Ps- I LOVE your recipes!!! Thank you so much. I use them everyday.
Jill says
Hi Mary~
For thin sliced sirloin, you would only need to cook for 5 minutes at the most. A chuck roast or other tough cut of meat would taste better. Jill
Ape says
Amazing!!! Love this recipe! Thx for all your work, love your recipes!!!
Cynthia says
We LOVED this. I followed the recipe exactly and will do so again next time, but may make my own seasoning blend (I don’t like to use the prepackaged stuff). Can’t stop raving about it.
Cynthia says
Also re: spiciness level – my two year old loved it but couldn’t dip in the juice, just had the sandwich. (He can handle a little spice but – he’s two, so… not much.)
Ann Sherer says
How long does it cook in the pressure cooker?
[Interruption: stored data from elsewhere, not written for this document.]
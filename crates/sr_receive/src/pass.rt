//! A pass over what came from a partner.

use sr_base::{Name, Offset};
use sr_database_did::Place;
use sr_receive_gather::Report;
use sr_site::Site;

/// How far a pass has come: what was received, how many transactions were taken, and where in the list of reports those of ops end.
#[derive(Clone, Copy)]
pub(crate) struct Progress {
    pub received: Offset,
    pub took: u64,
    pub told: usize,
}

/// A pass: the database on its site, the partner, what is reported, and how far it has come.
#[derive(Drop)]
pub(crate) struct Pass<'d, 's, 'p, 'r, S: Site> {
    pub place: Place<'d, 's, S>,
    pub user: &'p Name,
    pub reports: &'r mut Vec<Report>,
    pub progress: Progress,
}
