//! The receive pass from one partner: what his message files confirm and ask for noted, his windows taken, what is missing raised.
//!
//! It stands on sr_receive_gather for the message files, on sr_mail for windows, on sr_receive_judged for what becomes of a transaction. The contract that matters most is that of
//! `receive`: what was committed is a prefix of a pass, all of it where no fault came, and each transaction that was taken has the outcomes
//! that judging gives it.
#![tactic(auto)]

mod laws;
mod noting;
mod pass;
mod receiving;
mod reporting;
mod taking;
mod trying;

pub use laws::windows_are_taken_as_far_as_they_reach;
pub use receiving::{Received, receive};
pub use sr_receive_gather::{Bag, ReceiveFault, Report, gather, purge};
Recipe doesn’t say a time.
Ann says
never mind- I see it now!
Donna Hawks says
Your recipes sound great. I just received my new 8gt. Elite pressure cooker and need recipes.
Delma Pearce says
Wonderful recipes.
Muriel says
Do the Pepperoncini’s make it spicy hot?
Jill says
Muriel, not spicy hot, flavorful.
Jill
Sheri says
I don’t see a button to print this recipe out…I’ve probably overlooked it. Can you double check? I’ll rate it after I have made it.
Thanks!
Kate says
Would this work with a sirloin tip roast?